Reported cases of CEOT occurring in maxillary sinus

Radiographically, CEOT exhibits a unilocular or multilocular radiolucency with diffuse radiopacities within.[21] The CT and magnetic resonance imaging (MRI) features are more specific, with CT showing a well-defined area of soft tissue alteration with scattered high-density foci. The expansile nature of the lesion produces cortical thinning, no bone destruction and no soft tissue invasion. MRI image are reported to be low signal intensity on T1-weighted and high signal intensity on T2-weighted image.[27] The report of the current case showed complete obliteration of the right maxillary sinus with erosion of lateral wall and floor of the sinus. Multiple foci of radiopacity were seen in the lesion, giving a “snow-driven appearance”.

Fine needle aspiration cytology (FNAC), as a diagnostic tool, has been sparingly used and reported in the literature of CEOT so far. The report of cytological smears are characterized by clusters, sheets and rare isolated pleomorphic cells of squamoid type; blocks of amorphous material encircled by fibroblast and occasional calcifications.[28] The cytological smear of the present case revealed clusters of epithelial cells with basophilic nuclei and well defined borders. Few cells showed nuclear and cellular pleomorphism. The histopathological findings classically seen in a CEOT comprises of polyhedral cells arranged in sheets having prominent intercellular bridges along with calcified and noncalcified amyloid substance.[7] Philipsen and Reichart[29] reported variations in the typical histo- and cytopathologic CEOT appearance. Sheets of classic polyhedral epithelium with abundant eosinophilic cytoplasm may alternate with zones of epithelium characterized by large cells with clear, foamy cytoplasm, and distinct cell borders. Yamaguchi et al.[30] believed that the clear tumor cells represent a feature of cyto-differentiation rather than a simple degenerative phenomenon. The present case revealed clear cell changes in the epithelial tumor cells characterized by vacuolated cytoplasm. Few areas of cellular pleomorphism and mild degree of variability in nuclear size were seen. Other variants of CEOT with findings of cementum-like and bone-like material, Langerhan's cells have also been identified in the stroma.[9-12]
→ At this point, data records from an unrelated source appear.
impl<'t> Expressions<'t> {
    /// What the last of that many tokens stands for.
    pub fn meaning(&self, count: usize) -> Meaning
        ensures { result ≡ meaning_at (context self.now) count }
    {
        let name = self.word(count);
        if let Some(index) = self.locals.index_of(name) {
            return Meaning::Local(index);
        }
        match self.names.get(&name) {
            Some(index) if self.known_at(*index).is_some() => Meaning::Declared(*index),
            Some(index) => Meaning::Unread(*index),
            None => Meaning::Undeclared,
        }
    }

    /// What the declaration with an index stands for, if it is read.
    pub fn known_at(&self, index: usize) -> Option<&Known>
        ensures { option_map (λ k. k.now) result ≡ known_of self.now.declared.items index }
    {
        self.declared.get(index)?.known.as_ref()
    }

    /// Takes what a declaration stands for, which `put_known` gives back.
    pub fn take_known(&mut self, index: usize) -> Option<Known>
        ensures taken { result ≡ known_of self.old.declared.items index }
        ensures stack { stack self.new ≡ with_declared (with_known index None (context self.old).declared) (stack self.old) }
    {
        if index >= self.declared.len() {
            return None;
        }
        self.declared[index].known.take()
    }

    /// Gives back what a declaration stands for.
    pub fn put_known(&mut self, index: usize, known: Option<Known>)
        ensures stack { stack self.new ≡ with_declared (with_known index known (context self.old).declared) (stack self.old) }
    {
        if index < self.declared.len() {
            self.declared[index].known = known;
        }
    }

    /// Takes the operand on top.
    pub fn take_part(&mut self) -> Result<Part, AllocError>
        ensures operand { IfOk result (IsOnTop (stack self.old)) }
        ensures rest { IfOk result (λ x. stack self.new ≡ with_items (below_operand (stack self.old).items) (stack self.old)) }
    {
        match self.items.pop() {
            Some(Item::Part(part)) => Ok(part),
            Some(Item::Name(count)) => self.value_named(count),
            Some(Item::Listed(place, listed)) => self.no_value(place, listed),
            Some(other) => {
                self.items.push(other)?;
                Ok(Part::of(Place::last_of(0), Outcome::Faulty))
            }
            None => Ok(Part::of(Place::last_of(0), Outcome::Faulty)),
        }
    }

    /// A type in place of a value.
    pub fn no_value(&mut self, place: Place, listed: Listed) -> Result<Part, AllocError>
        ensures place { IfOk result (λ x. x.place ≡ place) }
        ensures outcome { IfOk result (λ x. x.outcome ≡ Outcome.Faulty) }
        ensures stack { stack self.new ≡ stack self.old }
    {
        if !matches!(listed, Listed::Type(None) | Listed::Function(_, None)) {
            self.tell(Rule::Name, place, "this is a type, and no value")?;
        }
        Ok(Part::of(place, Outcome::Faulty))
    }

    /// The value that a name stands for.
    pub fn value_named(&mut self, count: usize) -> Result<Part, AllocError>
        ensures value { IfOk result (IsNamed (context self.old) count) }
        ensures stack { stack self.new ≡ stack self.old }
    {
        let outcome = self.outcome_named(count)?;
        let declared = self.place_of_declaration(count);
        Ok(Part {
            place: Place::last_of(count),
            outcome,
            may_be_dropped: false,
            declared,
        })
    }

    fn outcome_named(&mut self, count: usize) -> Result<Outcome, AllocError>
        ensures answer { IfOk result (IsValue (value_of (context self.old) (meaning_at (context self.old) count))) }
        ensures stack { stack self.new ≡ stack self.old }
    {
        match self.meaning(count) {
            Meaning::Local(index) => self.value_of_local(index, count),
            Meaning::Declared(index) => self.value_declared(index, count),
            Meaning::Unread(_) => self.cyclic(count),
            Meaning::Undeclared => {
                self.tell_unknown(Wanted::Value, count)?;
                Ok(Outcome::Faulty)
            }
        }
    }

    /// Faulty, as what a name stands for needs itself.
    pub fn cyclic(&mut self, count: usize) -> Result<Outcome, AllocError>
        ensures answer { IfOk result (λ o. o ≡ Outcome.Faulty) }
        ensures stack { stack self.new ≡ stack self.old }
    {
        let outcome = self.faulty(Rule::Cycle, count, "needs itself")?;
        if let Some(named) = self.place_of_declaration(count) {
            self.refer(named)?;
        }
        Ok(outcome)
    }

    /// The number of tokens up to the name that declares what a name stands for.
    fn place_of_declaration(&self, count: usize) -> Option<usize>
        ensures { result ≡ declaration_of (context self.now) (meaning_at (context self.now) count) }
    {
        match self.meaning(count) {
            Meaning::Local(index) => Some(self.locals.get(index)?.bound.named),
            Meaning::Declared(index) | Meaning::Unread(index) => self.declared.get(index)?.named,
            Meaning::Undeclared => None,
        }
    }

    /// Why nothing can be written to a name that is no variable.
    pub fn constant_named(&self, count: usize) -> Option<&'static str> {
        let named = self.place_of_declaration(count)?;
        match self.token_before(named.saturating_sub(1)).kind {
            Kind::Let => Some("is a `let`, and can't be assigned"),
            Kind::Const => Some("is a `const`, and can't be assigned"),
            Kind::Override => Some("is an `override`, and can't be assigned"),
            Kind::Var | Kind::CloseTemplate | Kind::Fn | Kind::Struct | Kind::Alias => None,
            _ => Some("is a parameter, and can't be assigned"),
        }
    }

    fn value_of_local(&mut self, index: usize, count: usize) -> Result<Outcome, AllocError>
        ensures answer { IfOk result (IsValue (value_of_local (context self.old) index)) }
        ensures stack { stack self.new ≡ stack self.old }
    {
        if self.is_skipped(index) {
            return self.faulty(Rule::Behaviour, count, "is declared behind a `continue`");
        }
        match self.local_at(index) {
            Some(typed) => Ok(Outcome::Typed(typed.clone(self.alloc)?)),
            None => Ok(Outcome::Faulty),
        }
    }

    /// Whether a `continue` may skip the declaration of the function with an index.
    fn is_skipped(&self, index: usize) -> bool
        ensures { result ≡ is_skipped self.now.skipped index }
    {
        self.skipped.0 <= index && index < self.skipped.1
    }

    /// What the declaration of the function with an index stands for, if it has no fault.
    fn local_at(&self, index: usize) -> Option<&Typed>
        ensures { option_map (λ x. x.now) result ≡ option_and_then (λ l. l.bound.typed) (local_of (context self.now) index) }
    {
        self.locals.get(index)?.bound.typed.as_ref()
    }

    fn value_declared(&mut self, index: usize, count: usize) -> Result<Outcome, AllocError>
        ensures answer { IfOk result (IsValue (value_of_known (known_of self.old.declared.items index))) }
        ensures stack { stack self.new ≡ stack self.old }
    {
        match self.known_at(index) {
            Some(Known::Value(typed)) => {
                let typed = typed.clone(self.alloc)?;
                let is_of_module = self.place_of_declaration(count).is_some();
                if let Some(doing) = &mut self.doing {
                    if is_of_module {
                        doing.variables.push((index, Place::last_of(count)))?;
                    }
                }
                Ok(Outcome::Typed(typed))
            }
            Some(Known::Faulty) | None => Ok(Outcome::Faulty),
            Some(Known::Type(_) | Known::Function(_)) => self.faulty(
                Rule::Name,
                count,
                "is no value",
            ),
        }
    }

    /// Takes the type on top, with its tokens; None if it has a fault.
    pub fn take_type(&mut self) -> Result<(Place, Option<Type>), AllocError>
        ensures ty { IfOk result (λ found. IsTypeOnTop (stack self.old) found.1) }
        ensures rest { IfOk result (λ found. stack self.new ≡ below_type (stack self.old)) }
    {
        match self.items.pop() {
            Some(Item::Name(count)) => {
                let ty = self.type_named(count)?;
                Ok((Place::last_of(count), ty))
            }
            Some(Item::Listed(place, listed)) => Ok((place, self.type_listed(place, listed)?)),
            Some(Item::Part(part)) => {
                let place = part.place;
                Ok((place, self.no_type(part)?))
            }
            Some(other) => {
                self.items.push(other)?;
                Ok((Place::last_of(0), None))
            }
            None => Ok((Place::last_of(0), None)),
        }
    }

    /// The type that a name with a list stands for; None where it is a function, which is told.
    pub fn type_listed(&mut self, place: Place, listed: Listed) -> Result<Option<Type>, AllocError>
        ensures answer { IfOk result (λ ty. option_map view ty ≡ type_listed listed) }
        ensures stack { stack self.new ≡ stack self.old }
    {
        match listed {
            Listed::Type(ty) => Ok(ty),
            Listed::Function(_, ty) => {
                if ty.is_some() {
                    self.tell(Rule::Name, place, "this is no type")?;
                }
                Ok(None)
            }
        }
    }

    /// The type that a name without a list stands for.
    pub fn type_named(&mut self, count: usize) -> Result<Option<Type>, AllocError>
        ensures answer { IfOk result (λ ty. option_map view ty ≡ type_named (context self.old) count) }
        ensures stack { stack self.new ≡ stack self.old }
    {
        match self.meaning(count) {
            Meaning::Local(_) => self.nothing(Rule::Name, count, "is a value, and no type"),
            Meaning::Unread(_) => {
                self.cyclic(count)?;
                Ok(None)
            }
            Meaning::Declared(index) => match self.known_at(index) {
                Some(Known::Type(ty)) => Ok(Some(ty.clone(self.alloc)?)),
                Some(Known::Faulty) | None => Ok(None),
                Some(Known::Value(_) | Known::Function(_)) => self.nothing(
                    Rule::Name,
                    count,
                    "is no type",
                ),
            },
            Meaning::Undeclared => self.type_predeclared(count),
        }
    }

    /// The type that WGSL predeclares by a name without a template list; None where it has a fault, which is told.
    pub fn type_predeclared(&mut self, count: usize) -> Result<Option<Type>, AllocError>
        ensures answer { IfOk result (λ ty. option_map view ty ≡ type_predeclared self.old.extensions.f16 (word_in (context self.old) count)) }
        ensures stack { stack self.new ≡ stack self.old }
    {
        let Some(named) = predeclared_type(self.word(count)) else {
            self.tell_unknown(Wanted::Type, count)?;
            return Ok(None);
        };
        if named.is_half() && !self.extensions.f16 {
            return self.nothing(Rule::Extension, count, "needs `enable f16;`");
        }
        match self.leaf(named)? {
            Some(ty) => Ok(Some(ty)),
            None => self.nothing(Rule::Name, count, "needs a template list"),
        }
    }

    /// The type that a predeclared name stands for without a list.
    fn leaf(&self, named: PredeclaredType) -> Result<Option<Type>, AllocError>
        ensures { IfOk result (λ ty. option_map view ty ≡ type_without_list named) }
    {
        Ok(match named {
            PredeclaredType::Scalar(scalar) => Some(Type::from(scalar)),
            PredeclaredType::Vec(n, scalar) => {
                Some(Type::vector(self.alloc, n, Type::from(scalar))?)
            }
            PredeclaredType::Mat(c, r, scalar) => {
                Some(Type::matrix(self.alloc, c, r, Type::from(scalar))?)
            }
            PredeclaredType::Sampler(sampler) => Some(Type::Sampler(sampler)),
            PredeclaredType::Texture(texture) => texture_type(texture, TextureParameters::None),
            PredeclaredType::RayQuery => Some(Type::RayQuery(None)),
            PredeclaredType::AccelerationStructure => Some(Type::AccelerationStructure(None)),
            PredeclaredType::Layer(_) => None,
        })
    }

    /// Notes what only some stages do.
    pub fn only_in(&mut self, stages: Stages, place: Place) -> Result<(), AllocError>
        ensures stack { stack self.new ≡ stack self.old }
    {
        if let Some(doing) = &mut self.doing {
            if stages != Stages::All {
                doing.staged.push((stages, place))?;
            }
        }
        Ok(())
    }
}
The treatment of CEOT in the past has been varied, ranging from simple enucleation or curettage to hemimandibulectomy or hemimaxillectomy. The method of treatments will depend on size, anatomic location of the tumor, histopathological findings, patient age, health status, and consideration of reconstruction methods following surgical procedure.[621] The Le Fort I osteotomy and its modifications, is a well reported surgical approach for access to the nasopharynx, base of the skull and upper cervical spine.[3132] It is also described as a method for surgical access to the mid-face and maxillary antrum.[33] The tumor in the current case extended from alveolar process to the right maxillary sinus and was treated by hemimaxillectomy using Le Fort I surgical approach. The prognosis of CEOT, postsurgically is good. Franklin and Pindborg[7] reported recurrence rate of 14%, which was mostly attributed to inadequate treatment. The current case was followed up for 3 year with no evidence of recurrence.

CONCLUSION

The lesions in the maxilla are usually aggressive and require extensive surgeries as they grow rapidly when compared to the mandibular cases and invasion into surrounding vital structures also affects the morbidity of these patients. This case report describes the seventh known case of CEOT invading the maxillary sinus, which complicates the treatment planning further. Resection with tumor-free accurate margins is the preferred treatment choice. Since CEOT with clear cell changes are known to recur more frequently, a life-long follow-up of these patients is mandatory.